4 Robustness of Q$\mathsf{_{b}}$ in the high-redshift universe

Block et al. (2001) have suggested that a physically meaningful classification system for high-redshift galaxies may be more easily devised at rest-frame infrared wavelengths, rather than in the optical regime. Sub-mm observations indicate that at least some of these systems are heavily obscured by dust (Sanders 1999). Lessons from our local Universe are that optical morphologies can be radically different from near-infrared ones; some optically flocculent galaxies, for example, may have beautiful grand design stellar disks when examined at K. The decoupling of gaseous and stellar disks can be dramatic (see e.g., Puerari et al. 2000; Elmegreen et al. 1999; Grosbøl & Patsis 1998; Block et al. 1994). Block et al. (2001) show that Fourier spectra may be generated on simulated Next Generation Space Telescope (NGST) rest-frame Kpost-stamp FITS images which may be as small as 1'' on a side.

Figure 9: A simulated NGST image of the galaxy NGC 922 as it would appear at a redshift of z = 1.2, in its rest-frame K-band. The square post-stamp FITS image measures $\sim$2'' on a side. The image is recreated from a groundbased K-band image obtained at the NASA Infrared Telescope Facility, following the simulation methodology of Takamiya (1999). At a redshift of z = 1.2, the characteristic "bar signature'' (indicated by the pattern of "four dots'' as in Fig. 2) is still found in a robust manner, even though by eye the bar region has suffered considerable degradation as a result of limited spatial resolution. In recreating this simulated NGST M-band (4.7 $\mu$m) image, an exposure time of one-hour is assumed. For further details, see Block et al. (2001), where a groundbased K-band image of NGC 922 may also be found.

With the tremendous importance in attempting to bridge the low and high-redshift universe from a morphological point of view, it is natural to enquire how robust our bar torque method is as we degrade the quality of the images. First indications are that $Q_{\rm b}$ is surprisingly robust in the presence of noise and limited spatial resolution.

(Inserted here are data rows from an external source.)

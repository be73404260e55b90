//! The cells of a row of a page, and how they are written.

ghost use Rattle.std.specs.Prelude.{◌≡◌, length, decimal};
ghost use Rattle.pe_text.specs.TextWriter.{IsReady, Adds};
ghost use Rattle.pe_page.specs.Page.{AddsSome};
ghost use Rattle.pe_page.specs.Rows.{blanks, right_text, column_text};

use crate::date::write_date;
use crate::flags::{FlagRow, write_flags};
use crate::key::write_key;
use crate::name::{section_width, write_module_name, write_name, write_section_name};
use crate::place::SectionPlace;
use itoa::Buffer;
use pe_head::FlagKind;
use pe_tables::Key;
use pe_text::Part::{self, Text};
use pe_text::{Sink, TextWriter, write_part, write_parts};

/// A cell of a row.
#[derive(Clone, Copy)]
pub enum Cell<'a> {
    /// A part of any line.
    Plain(Part<'a>),
    /// A name from the file.
    Name(&'a [u8]),
    /// The name of a section.
    Section(&'a [u8]),
    /// The name of an imported module.
    Module(&'a [u8]),
    /// The name of a section or a short word, padded with blanks to a width.
    Column(&'a [u8], usize),
    /// A number of blanks.
    Blanks(usize),
    /// A number in decimal, its digits in groups of three.
    Count(u64),
    /// A number in decimal, padded with blanks on the left to a width.
    Right(u64, usize),
    /// A time stamp as a date.
    Date(u32),
    /// The flags that are set in a field, by name.
    Flags(FlagKind, u32, FlagRow),
    /// The name of an export or import, or `#` and an ordinal.
    Key(Key<'a>),
    /// The place of an RVA, like `.text+0x350`.
    Place(SectionPlace<'a>),
}

/// An empty cell.
pub const NOTHING: Cell<'static> = Cell::Plain(Text(b""));

/// The singular or plural of a noun, for a count.
pub fn plural(count: usize, one: &'static [u8], more: &'static [u8]) -> Cell<'static> {
    Cell::Plain(Text(if count == 1 { one } else { more }))
}

/// The most blanks in sequence. It is enough, since names of sections are cut to fewer columns.
const BLANKS: [u8; 256] = [b' '; 256];

/// A number of blanks, at most 256.
pub fn blanks(count: usize) -> &'static [u8]
    ensures { result.now ≡ blanks count }
{
    &BLANKS[..count.min(BLANKS.len())]
}

/// How many digits a number has in decimal.
pub fn decimal_width(number: u64) -> usize
    ensures { result ≡ length (decimal number) }
{
    Buffer::new().format(number).len()
}

/// How many columns a number takes in decimal with a comma before each group of three digits.
pub fn count_width(number: u64) -> usize {
    let digits = decimal_width(number);
    digits.saturating_add(digits.saturating_sub(1) / 3)
}

/// Adds a number in decimal, with a comma before each group of three digits: `135,168`.
fn write_count<W: Sink>(text: &mut TextWriter<W>, number: u64)
    requires { IsReady W.failures text.old }
    ensures { AddsSome W.taken W.failures text.old text.new }
{
    let mut buffer = Buffer::new();
    let digits = buffer.format(number).as_bytes();
    let (first, others) = digits.split_at(((digits.len() + 2) % 3 + 1).min(digits.len()));
    text.text(first);
    for group in others.chunks(3) {
        write_parts(text, &[Text(b","), Text(group)]);
    }
}

/// Adds a number in decimal, padded with blanks on the left to a width.
pub fn write_right<W: Sink>(text: &mut TextWriter<W>, number: u64, width: usize)
    requires { IsReady W.failures text.old }
    ensures { Adds W.taken W.failures text.old text.new (right_text number width) }
{
    let mut buffer = Buffer::new();
    let digits = buffer.format(number).as_bytes();
    text.text(blanks(width.saturating_sub(digits.len())));
    text.text(digits);
}

/// Adds the name of a section or a short word, padded with blanks to a width.
pub fn write_column<W: Sink>(text: &mut TextWriter<W>, name: &[u8], width: usize)
    requires { IsReady W.failures text.old }
    ensures { Adds W.taken W.failures text.old text.new (column_text name.now width) }
{
    write_section_name(text, name);
    text.text(blanks(width.saturating_sub(section_width(name))));
}

/// Adds a cell.
fn write_cell<W: Sink>(text: &mut TextWriter<W>, cell: &Cell)
    requires { IsReady W.failures text.old }
    ensures { AddsSome W.taken W.failures text.old text.new }
{
    match cell {
        Cell::Plain(part) => write_part(text, part),
        Cell::Name(name) => write_name(text, name),
        Cell::Section(name) => write_section_name(text, name),
        Cell::Module(name) => write_module_name(text, name),
        Cell::Column(name, width) => write_column(text, name, *width),
        Cell::Blanks(count) => text.text(blanks(*count)),
        Cell::Count(number) => write_count(text, *number),
        Cell::Right(number, width) => write_right(text, *number, *width),
        Cell::Date(seconds) => write_date(text, *seconds),
        Cell::Flags(kind, flags, row) => write_flags(text, *kind, *flags, row),
        Cell::Key(key) => write_key(text, *key),
        Cell::Place(place) => place.write(text),
    }
}

/// Adds cells in order.
pub fn write_cells<W: Sink>(text: &mut TextWriter<W>, cells: &[Cell])
    requires { IsReady W.failures text.old }
    ensures { AddsSome W.taken W.failures text.old text.new }
{
    for cell in cells {
        write_cell(text, cell);
    }
}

Recreated rest-frame K-band NGST images of the galaxies NGC 2997 and NGC 922 when moved out to redshifts of z = 0.7 and z = 1.2, are presented in Block et al. (2001). We have applied our $Q_{\rm b}$ method to NGC 922, which may serve as an excellent morphological interface between the low and high redshift universe (see Block et al. 2001 for full details).

The results are indicated in Fig. 9. Even in the presence of significant image degradation of NGC 922 when this galaxy is moved out to a redshift of z=1.2 (the eye now cannot easily distinguish the boundaries of a bar, see Fig. 9) - the four locations where the ratio of the tangential force to the mean axisymmetric radial force reaches a maximum (in modulus) may readily be identified. NGC 922 in the groundbased as well as in the simulated image (Fig. 9) belongs to bar class 2. Further work on moving each galaxy in Table 1 out to $z\sim 1$ (L and M band imaging) as well as to $z\sim 3$(simulated N-band imaging) at rest-frame K-band, with NGST, are in progress. This would yield a statistically complete sample upon which to test the robustness in preservation of bar torque class with increasing z.